- _EXERCISE DIRECTIONS_
Each record is to be given again without alteration.

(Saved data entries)
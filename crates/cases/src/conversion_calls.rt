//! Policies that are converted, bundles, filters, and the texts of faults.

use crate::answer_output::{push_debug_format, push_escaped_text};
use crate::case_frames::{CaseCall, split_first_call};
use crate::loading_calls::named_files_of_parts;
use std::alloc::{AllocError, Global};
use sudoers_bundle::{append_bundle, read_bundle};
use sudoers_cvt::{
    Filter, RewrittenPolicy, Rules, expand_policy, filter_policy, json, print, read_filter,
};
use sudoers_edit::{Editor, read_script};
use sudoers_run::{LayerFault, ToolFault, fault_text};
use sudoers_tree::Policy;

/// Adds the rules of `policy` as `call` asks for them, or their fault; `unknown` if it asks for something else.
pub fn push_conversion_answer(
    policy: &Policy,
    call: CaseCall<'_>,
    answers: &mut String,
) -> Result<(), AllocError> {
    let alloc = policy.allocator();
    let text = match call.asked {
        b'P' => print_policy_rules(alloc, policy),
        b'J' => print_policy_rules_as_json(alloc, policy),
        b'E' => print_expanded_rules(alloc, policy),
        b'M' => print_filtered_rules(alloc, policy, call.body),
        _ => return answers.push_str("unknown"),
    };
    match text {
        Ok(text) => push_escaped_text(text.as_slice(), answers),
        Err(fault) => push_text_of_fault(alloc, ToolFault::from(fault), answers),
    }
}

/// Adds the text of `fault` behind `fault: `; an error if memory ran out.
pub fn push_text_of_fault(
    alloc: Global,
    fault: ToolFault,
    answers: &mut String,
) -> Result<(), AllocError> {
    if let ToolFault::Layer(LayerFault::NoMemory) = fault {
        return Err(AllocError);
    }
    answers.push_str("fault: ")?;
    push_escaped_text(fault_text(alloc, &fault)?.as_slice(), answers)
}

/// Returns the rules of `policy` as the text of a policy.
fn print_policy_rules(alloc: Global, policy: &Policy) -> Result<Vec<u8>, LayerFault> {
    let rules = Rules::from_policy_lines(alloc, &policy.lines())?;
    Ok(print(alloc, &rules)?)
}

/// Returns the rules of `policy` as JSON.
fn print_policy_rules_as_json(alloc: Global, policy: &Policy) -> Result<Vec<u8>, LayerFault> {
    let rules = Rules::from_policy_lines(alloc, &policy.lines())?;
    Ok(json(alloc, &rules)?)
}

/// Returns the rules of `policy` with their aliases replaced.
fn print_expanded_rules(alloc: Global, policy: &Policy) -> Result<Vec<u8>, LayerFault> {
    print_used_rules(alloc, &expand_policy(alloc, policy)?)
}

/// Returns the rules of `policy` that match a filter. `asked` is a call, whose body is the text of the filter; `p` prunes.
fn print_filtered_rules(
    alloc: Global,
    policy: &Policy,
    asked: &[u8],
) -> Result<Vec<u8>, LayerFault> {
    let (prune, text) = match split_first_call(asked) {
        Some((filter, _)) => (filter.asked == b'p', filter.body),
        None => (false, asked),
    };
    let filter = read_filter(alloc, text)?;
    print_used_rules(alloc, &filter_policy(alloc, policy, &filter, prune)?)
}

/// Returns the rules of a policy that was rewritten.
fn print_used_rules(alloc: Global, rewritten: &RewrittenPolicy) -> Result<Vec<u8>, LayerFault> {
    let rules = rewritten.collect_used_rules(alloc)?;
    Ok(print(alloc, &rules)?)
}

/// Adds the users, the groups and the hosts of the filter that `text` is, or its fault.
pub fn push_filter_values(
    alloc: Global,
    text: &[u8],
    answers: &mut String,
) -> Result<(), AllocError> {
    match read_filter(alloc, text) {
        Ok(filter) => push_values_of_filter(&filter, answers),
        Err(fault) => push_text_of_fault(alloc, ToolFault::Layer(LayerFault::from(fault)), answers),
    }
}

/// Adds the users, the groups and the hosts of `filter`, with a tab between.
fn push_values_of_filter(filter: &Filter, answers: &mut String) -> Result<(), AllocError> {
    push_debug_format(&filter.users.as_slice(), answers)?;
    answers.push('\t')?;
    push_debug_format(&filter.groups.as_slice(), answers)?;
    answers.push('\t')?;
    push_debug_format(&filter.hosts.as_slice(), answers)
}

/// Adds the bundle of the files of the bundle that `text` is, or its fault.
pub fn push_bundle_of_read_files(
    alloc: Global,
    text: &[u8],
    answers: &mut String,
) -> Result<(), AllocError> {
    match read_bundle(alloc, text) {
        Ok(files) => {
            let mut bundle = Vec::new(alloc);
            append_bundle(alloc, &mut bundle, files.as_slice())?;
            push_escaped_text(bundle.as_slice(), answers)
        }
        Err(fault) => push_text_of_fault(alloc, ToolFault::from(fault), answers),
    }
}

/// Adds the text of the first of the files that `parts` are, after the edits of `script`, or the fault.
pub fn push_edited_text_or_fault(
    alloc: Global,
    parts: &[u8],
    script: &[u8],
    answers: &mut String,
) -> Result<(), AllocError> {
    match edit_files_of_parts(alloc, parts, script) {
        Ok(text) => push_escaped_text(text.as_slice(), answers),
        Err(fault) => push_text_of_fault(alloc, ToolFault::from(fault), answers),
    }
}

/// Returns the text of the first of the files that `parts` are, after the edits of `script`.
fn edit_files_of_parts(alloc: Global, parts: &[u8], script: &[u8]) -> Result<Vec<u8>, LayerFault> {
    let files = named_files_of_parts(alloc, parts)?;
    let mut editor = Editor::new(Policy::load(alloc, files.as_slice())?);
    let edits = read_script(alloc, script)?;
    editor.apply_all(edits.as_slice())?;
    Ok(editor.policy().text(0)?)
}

- _SOLUTION FOR THIS PROBLEM_
filename crates/cases/src/conversion_calls.rt
//! Policies that are converted, bundles, filters, and the texts of faults.

use crate::answer_output::{push_debug_format, push_escaped_text};
use crate::case_frames::{CaseCall, split_first_call};
use crate::loading_calls::named_files_of_parts;
use std::alloc::{AllocError, Global};
use sudoers_bundle::{append_bundle, read_bundle};
use sudoers_cvt::{
    Filter, RewrittenPolicy, Rules, expand_policy, filter_policy, json, print, read_filter,
};
use sudoers_edit::{Editor, read_script};
use sudoers_run::{LayerFault, ToolFault, fault_text};
use sudoers_tree::Policy;

/// Adds the rules of `policy` as `call` asks for them, or their fault; `unknown` if it asks for something else.
pub fn push_conversion_answer(
    policy: &Policy,
    call: CaseCall<'_>,
    answers: &mut String,
) -> Result<(), AllocError> {
    let alloc = policy.allocator();
    let text = match call.asked {
        b'P' => print_policy_rules(alloc, policy),
        b'J' => print_policy_rules_as_json(alloc, policy),
        b'E' => print_expanded_rules(alloc, policy),
        b'M' => print_filtered_rules(alloc, policy, call.body),
        _ => return answers.push_str("unknown"),
    };
    match text {
        Ok(text) => push_escaped_text(text.as_slice(), answers),
        Err(fault) => push_text_of_fault(alloc, ToolFault::from(fault), answers),
    }
}

/// Adds the text of `fault` behind `fault: `; an error if memory ran out.
pub fn push_text_of_fault(
    alloc: Global,
    fault: ToolFault,
    answers: &mut String,
) -> Result<(), AllocError> {
    if let ToolFault::Layer(LayerFault::NoMemory) = fault {
        return Err(AllocError);
    }
    answers.push_str("fault: ")?;
    push_escaped_text(fault_text(alloc, &fault)?.as_slice(), answers)
}

/// Returns the rules of `policy` as the text of a policy.
fn print_policy_rules(alloc: Global, policy: &Policy) -> Result<Vec<u8>, LayerFault> {
    let rules = Rules::from_policy_lines(alloc, &policy.lines())?;
    Ok(print(alloc, &rules)?)
}

/// Returns the rules of `policy` as JSON.
fn print_policy_rules_as_json(alloc: Global, policy: &Policy) -> Result<Vec<u8>, LayerFault> {
    let rules = Rules::from_policy_lines(alloc, &policy.lines())?;
    Ok(json(alloc, &rules)?)
}

/// Returns the rules of `policy` with their aliases replaced.
fn print_expanded_rules(alloc: Global, policy: &Policy) -> Result<Vec<u8>, LayerFault> {
    print_used_rules(alloc, &expand_policy(alloc, policy)?)
}

/// Returns the rules of `policy` that match a filter. `asked` is a call, whose body is the text of the filter; `p` prunes.
fn print_filtered_rules(
    alloc: Global,
    policy: &Policy,
    asked: &[u8],
) -> Result<Vec<u8>, LayerFault> {
    let (prune, text) = match split_first_call(asked) {
        Some((filter, _)) => (filter.asked == b'p', filter.body),
        None => (false, asked),
    };
    let filter = read_filter(alloc, text)?;
    print_used_rules(alloc, &filter_policy(alloc, policy, &filter, prune)?)
}

/// Returns the rules of a policy that was rewritten.
fn print_used_rules(alloc: Global, rewritten: &RewrittenPolicy) -> Result<Vec<u8>, LayerFault> {
    let rules = rewritten.collect_used_rules(alloc)?;
    Ok(print(alloc, &rules)?)
}

/// Adds the users, the groups and the hosts of the filter that `text` is, or its fault.
pub fn push_filter_values(
    alloc: Global,
    text: &[u8],
    answers: &mut String,
) -> Result<(), AllocError> {
    match read_filter(alloc, text) {
        Ok(filter) => push_values_of_filter(&filter, answers),
        Err(fault) => push_text_of_fault(alloc, ToolFault::Layer(LayerFault::from(fault)), answers),
    }
}

/// Adds the users, the groups and the hosts of `filter`, with a tab between.
fn push_values_of_filter(filter: &Filter, answers: &mut String) -> Result<(), AllocError> {
    push_debug_format(&filter.users.as_slice(), answers)?;
    answers.push('\t')?;
    push_debug_format(&filter.groups.as_slice(), answers)?;
    answers.push('\t')?;
    push_debug_format(&filter.hosts.as_slice(), answers)
}

/// Adds the bundle of the files of the bundle that `text` is, or its fault.
pub fn push_bundle_of_read_files(
    alloc: Global,
    text: &[u8],
    answers: &mut String,
) -> Result<(), AllocError> {
    match read_bundle(alloc, text) {
        Ok(files) => {
            let mut bundle = Vec::new(alloc);
            append_bundle(alloc, &mut bundle, files.as_slice())?;
            push_escaped_text(bundle.as_slice(), answers)
        }
        Err(fault) => push_text_of_fault(alloc, ToolFault::from(fault), answers),
    }
}

/// Adds the text of the first of the files that `parts` are, after the edits of `script`, or the fault.
pub fn push_edited_text_or_fault(
    alloc: Global,
    parts: &[u8],
    script: &[u8],
    answers: &mut String,
) -> Result<(), AllocError> {
    match edit_files_of_parts(alloc, parts, script) {
        Ok(text) => push_escaped_text(text.as_slice(), answers),
        Err(fault) => push_text_of_fault(alloc, ToolFault::from(fault), answers),
    }
}

/// Returns the text of the first of the files that `parts` are, after the edits of `script`.
fn edit_files_of_parts(alloc: Global, parts: &[u8], script: &[u8]) -> Result<Vec<u8>, LayerFault> {
    let files = named_files_of_parts(alloc, parts)?;
    let mut editor = Editor::new(Policy::load(alloc, files.as_slice())?);
    let edits = read_script(alloc, script)?;
    editor.apply_all(edits.as_slice())?;
    Ok(editor.policy().text(0)?)
}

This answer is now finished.